Segment Start: Exercise data
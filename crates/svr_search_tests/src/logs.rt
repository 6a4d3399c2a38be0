// Logs and their verdicts.

use crate::clauses::{cnf, lit};
use crate::memory::{added, let_go};
use std::alloc::Global;
use svr_chain::{Cnf, Link, Reason, Refutation, Step, Verdict, check};

/// The clauses that a derivation is from.
#[derive(Clone, Copy)]
enum Formula {
    /// 1 2, not 1 2, and not 2
    Three,
    /// 1 2
    Single,
    /// 1 2, and not 1 not 2
    Apart,
    /// 1, 1 2, and not 2 3
    Wider,
    /// the empty clause
    Empty,
}

/// A step of one link or none: its start, its pivot, 0 where it has no link, and the linked clause.
type Chain = (u64, i64, u64);

/// A derivation from clauses, with an assumed literal: its clauses, the literal, its steps, its goal, and its verdict.
struct Case {
    formula: Formula,
    assume: i64,
    steps: [Option<Chain>; 2],
    goal: Option<u64>,
    verdict: Verdict,
}

const CASES: [Case; 19] = [
    Case {
        formula: Formula::Three,
        assume: 3,
        steps: [Some((1, 1, 2)), Some((4, 2, 3))],
        goal: Some(5),
        verdict: Verdict::Accepted,
    },
    Case {
        formula: Formula::Three,
        assume: 3,
        steps: [Some((1, 2, 2)), None],
        goal: None,
        verdict: Verdict::Rejected {
            step: 1,
            reason: Reason::PivotNotThere,
        },
    },
    Case {
        formula: Formula::Three,
        assume: 3,
        steps: [Some((9, 1, 2)), None],
        goal: None,
        verdict: Verdict::Rejected {
            step: 1,
            reason: Reason::NoSuchClause,
        },
    },
    Case {
        formula: Formula::Three,
        assume: 3,
        steps: [Some((0, 1, 2)), None],
        goal: None,
        verdict: Verdict::Rejected {
            step: 1,
            reason: Reason::NoSuchClause,
        },
    },
    Case {
        formula: Formula::Three,
        assume: 3,
        steps: [Some((1, 1, 4)), None],
        goal: None,
        verdict: Verdict::Rejected {
            step: 1,
            reason: Reason::NoSuchClause,
        },
    },
    Case {
        formula: Formula::Three,
        assume: 3,
        steps: [Some((1, -1, 2)), None],
        goal: None,
        verdict: Verdict::Rejected {
            step: 1,
            reason: Reason::PivotNotHere,
        },
    },
    Case {
        formula: Formula::Three,
        assume: 3,
        steps: [Some((1, 0, 0)), None],
        goal: None,
        verdict: Verdict::Rejected {
            step: 1,
            reason: Reason::Repeated,
        },
    },
    Case {
        formula: Formula::Three,
        assume: 3,
        steps: [Some((1, 1, 2)), Some((1, 1, 2))],
        goal: None,
        verdict: Verdict::Rejected {
            step: 2,
            reason: Reason::Repeated,
        },
    },
    Case {
        formula: Formula::Three,
        assume: 3,
        steps: [Some((1, 1, 2)), None],
        goal: Some(4),
        verdict: Verdict::Rejected {
            step: 2,
            reason: Reason::NotGoal,
        },
    },
    Case {
        formula: Formula::Three,
        assume: 3,
        steps: [Some((1, 1, 2)), None],
        goal: Some(9),
        verdict: Verdict::Rejected {
            step: 2,
            reason: Reason::NotGoal,
        },
    },
    Case {
        formula: Formula::Three,
        assume: -2,
        steps: [Some((1, 1, 2)), None],
        goal: Some(4),
        verdict: Verdict::Accepted,
    },
    Case {
        formula: Formula::Three,
        assume: 3,
        steps: [Some((1, 1, 2)), Some((4, 2, 3))],
        goal: None,
        verdict: Verdict::Accepted,
    },
    Case {
        formula: Formula::Apart,
        assume: 3,
        steps: [Some((1, 1, 2)), None],
        goal: None,
        verdict: Verdict::Rejected {
            step: 1,
            reason: Reason::Tautology,
        },
    },
    Case {
        formula: Formula::Wider,
        assume: 3,
        steps: [Some((2, 2, 3)), None],
        goal: None,
        verdict: Verdict::Rejected {
            step: 1,
            reason: Reason::Repeated,
        },
    },
    Case {
        formula: Formula::Empty,
        assume: 3,
        steps: [None, None],
        goal: Some(1),
        verdict: Verdict::Accepted,
    },
    Case {
        formula: Formula::Three,
        assume: 3,
        steps: [Some((1, 1, 2)), Some((4, 2, 3))],
        goal: Some(4),
        verdict: Verdict::Rejected {
            step: 3,
            reason: Reason::NotGoal,
        },
    },
    Case {
        formula: Formula::Three,
        assume: 3,
        steps: [Some((1, 1, 2)), Some((4, 2, 3))],
        goal: Some(9),
        verdict: Verdict::Rejected {
            step: 3,
            reason: Reason::NotGoal,
        },
    },
    Case {
        formula: Formula::Three,
        assume: -2,
        steps: [Some((1, 1, 2)), Some((4, 2, 3))],
        goal: Some(4),
        verdict: Verdict::Accepted,
    },
    Case {
        formula: Formula::Single,
        assume: 3,
        steps: [Some((1, 0, 0)), None],
        goal: None,
        verdict: Verdict::Rejected {
            step: 1,
            reason: Reason::Repeated,
        },
    },
];

fn clauses_of(formula: Formula) -> &'static [&'static [i64]] {
    match formula {
        Formula::Three => &[&[1, 2], &[-1, 2], &[-2]],
        Formula::Single => &[&[1, 2]],
        Formula::Apart => &[&[1, 2], &[-1, -2]],
        Formula::Wider => &[&[1], &[1, 2], &[-2, 3]],
        Formula::Empty => &[&[]],
    }
}

fn links(alloc: Global, pivot: i64, clause: u64) -> Vec<Link> {
    let mut links = Vec::new(alloc);
    if pivot != 0 {
        let pivot = lit(3, pivot);
        added(&mut links, Link { pivot, clause });
    }
    links
}

fn add_steps(alloc: Global, chains: &[Option<Chain>], steps: &mut Vec<Step>) {
    for chain in chains {
        if let Some((start, pivot, clause)) = chain {
            let links = links(alloc, *pivot, *clause);
            added(
                steps,
                Step {
                    start: *start,
                    links,
                },
            );
        }
    }
}

fn is_judged_over(alloc: Global, cnf: &Cnf, case: &Case) -> bool {
    let mut steps = Vec::new(alloc);
    add_steps(alloc, &case.steps, &mut steps);
    let log = Refutation {
        steps,
        goal: case.goal,
    };
    let verdict = check(alloc, cnf, &[lit(3, case.assume)], &log);
    let_go(log);
    match verdict {
        Ok(verdict) => verdict == case.verdict,
        Err(_) => false,
    }
}

fn is_judged(alloc: Global, case: &Case) -> bool {
    let cnf = cnf(alloc, 3, clauses_of(case.formula));
    let is_so = match &cnf {
        Ok(cnf) => is_judged_over(alloc, cnf, case),
        Err(_) => false,
    };
    let_go(cnf);
    is_so
}

#[test]
fn judges_logs(rt: HostRuntime) {
    for case in &CASES {
        assert!(rt; is_judged(rt.alloc(), case));
    }
}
Segment End: Exercise data
*What you need to do*:
The response should be an exact copy of all the records above.

*Task output*:
filename crates/svr_search_tests/src/logs.rt
repository 6a4d3399c2a38be0
// Logs and their verdicts.

use crate::clauses::{cnf, lit};
use crate::memory::{added, let_go};
use std::alloc::Global;
use svr_chain::{Cnf, Link, Reason, Refutation, Step, Verdict, check};

/// The clauses that a derivation is from.
#[derive(Clone, Copy)]
enum Formula {
    /// 1 2, not 1 2, and not 2
    Three,
    /// 1 2
    Single,
    /// 1 2, and not 1 not 2
    Apart,
    /// 1, 1 2, and not 2 3
    Wider,
    /// the empty clause
    Empty,
}

/// A step of one link or none: its start, its pivot, 0 where it has no link, and the linked clause.
type Chain = (u64, i64, u64);

/// A derivation from clauses, with an assumed literal: its clauses, the literal, its steps, its goal, and its verdict.
struct Case {
    formula: Formula,
    assume: i64,
    steps: [Option<Chain>; 2],
    goal: Option<u64>,
    verdict: Verdict,
}

const CASES: [Case; 19] = [
    Case {
        formula: Formula::Three,
        assume: 3,
        steps: [Some((1, 1, 2)), Some((4, 2, 3))],
        goal: Some(5),
        verdict: Verdict::Accepted,
    },
    Case {
        formula: Formula::Three,
        assume: 3,
        steps: [Some((1, 2, 2)), None],
        goal: None,
        verdict: Verdict::Rejected {
            step: 1,
            reason: Reason::PivotNotThere,
        },
    },
    Case {
        formula: Formula::Three,
        assume: 3,
        steps: [Some((9, 1, 2)), None],
        goal: None,
        verdict: Verdict::Rejected {
            step: 1,
            reason: Reason::NoSuchClause,
        },
    },
    Case {
        formula: Formula::Three,
        assume: 3,
        steps: [Some((0, 1, 2)), None],
        goal: None,
        verdict: Verdict::Rejected {
            step: 1,
            reason: Reason::NoSuchClause,
        },
    },
    Case {
        formula: Formula::Three,
        assume: 3,
        steps: [Some((1, 1, 4)), None],
        goal: None,
        verdict: Verdict::Rejected {
            step: 1,
            reason: Reason::NoSuchClause,
        },
    },
    Case {
        formula: Formula::Three,
        assume: 3,
        steps: [Some((1, -1, 2)), None],
        goal: None,
        verdict: Verdict::Rejected {
            step: 1,
            reason: Reason::PivotNotHere,
        },
    },
    Case {
        formula: Formula::Three,
        assume: 3,
        steps: [Some((1, 0, 0)), None],
        goal: None,
        verdict: Verdict::Rejected {
            step: 1,
            reason: Reason::Repeated,
        },
    },
    Case {
        formula: Formula::Three,
        assume: 3,
        steps: [Some((1, 1, 2)), Some((1, 1, 2))],
        goal: None,
        verdict: Verdict::Rejected {
            step: 2,
            reason: Reason::Repeated,
        },
    },
    Case {
        formula: Formula::Three,
        assume: 3,
        steps: [Some((1, 1, 2)), None],
        goal: Some(4),
        verdict: Verdict::Rejected {
            step: 2,
            reason: Reason::NotGoal,
        },
    },
    Case {
        formula: Formula::Three,
        assume: 3,
        steps: [Some((1, 1, 2)), None],
        goal: Some(9),
        verdict: Verdict::Rejected {
            step: 2,
            reason: Reason::NotGoal,
        },
    },
    Case {
        formula: Formula::Three,
        assume: -2,
        steps: [Some((1, 1, 2)), None],
        goal: Some(4),
        verdict: Verdict::Accepted,
    },
    Case {
        formula: Formula::Three,
        assume: 3,
        steps: [Some((1, 1, 2)), Some((4, 2, 3))],
        goal: None,
        verdict: Verdict::Accepted,
    },
    Case {
        formula: Formula::Apart,
        assume: 3,
        steps: [Some((1, 1, 2)), None],
        goal: None,
        verdict: Verdict::Rejected {
            step: 1,
            reason: Reason::Tautology,
        },
    },
    Case {
        formula: Formula::Wider,
        assume: 3,
        steps: [Some((2, 2, 3)), None],
        goal: None,
        verdict: Verdict::Rejected {
            step: 1,
            reason: Reason::Repeated,
        },
    },
    Case {
        formula: Formula::Empty,
        assume: 3,
        steps: [None, None],
        goal: Some(1),
        verdict: Verdict::Accepted,
    },
    Case {
        formula: Formula::Three,
        assume: 3,
        steps: [Some((1, 1, 2)), Some((4, 2, 3))],
        goal: Some(4),
        verdict: Verdict::Rejected {
            step: 3,
            reason: Reason::NotGoal,
        },
    },
    Case {
        formula: Formula::Three,
        assume: 3,
        steps: [Some((1, 1, 2)), Some((4, 2, 3))],
        goal: Some(9),
        verdict: Verdict::Rejected {
            step: 3,
            reason: Reason::NotGoal,
        },
    },
    Case {
        formula: Formula::Three,
        assume: -2,
        steps: [Some((1, 1, 2)), Some((4, 2, 3))],
        goal: Some(4),
        verdict: Verdict::Accepted,
    },
    Case {
        formula: Formula::Single,
        assume: 3,
        steps: [Some((1, 0, 0)), None],
        goal: None,
        verdict: Verdict::Rejected {
            step: 1,
            reason: Reason::Repeated,
        },
    },
];

fn clauses_of(formula: Formula) -> &'static [&'static [i64]] {
    match formula {
        Formula::Three => &[&[1, 2], &[-1, 2], &[-2]],
        Formula::Single => &[&[1, 2]],
        Formula::Apart => &[&[1, 2], &[-1, -2]],
        Formula::Wider => &[&[1], &[1, 2], &[-2, 3]],
        Formula::Empty => &[&[]],
    }
}

fn links(alloc: Global, pivot: i64, clause: u64) -> Vec<Link> {
    let mut links = Vec::new(alloc);
    if pivot != 0 {
        let pivot = lit(3, pivot);
        added(&mut links, Link { pivot, clause });
    }
    links
}

fn add_steps(alloc: Global, chains: &[Option<Chain>], steps: &mut Vec<Step>) {
    for chain in chains {
        if let Some((start, pivot, clause)) = chain {
            let links = links(alloc, *pivot, *clause);
            added(
                steps,
                Step {
                    start: *start,
                    links,
                },
            );
        }
    }
}

fn is_judged_over(alloc: Global, cnf: &Cnf, case: &Case) -> bool {
    let mut steps = Vec::new(alloc);
    add_steps(alloc, &case.steps, &mut steps);
    let log = Refutation {
        steps,
        goal: case.goal,
    };
    let verdict = check(alloc, cnf, &[lit(3, case.assume)], &log);
    let_go(log);
    match verdict {
        Ok(verdict) => verdict == case.verdict,
        Err(_) => false,
    }
}

fn is_judged(alloc: Global, case: &Case) -> bool {
    let cnf = cnf(alloc, 3, clauses_of(case.formula));
    let is_so = match &cnf {
        Ok(cnf) => is_judged_over(alloc, cnf, case),
        Err(_) => false,
    };
    let_go(cnf);
    is_so
}

#[test]
fn judges_logs(rt: HostRuntime) {
    for case in &CASES {
        assert!(rt; is_judged(rt.alloc(), case));
    }
}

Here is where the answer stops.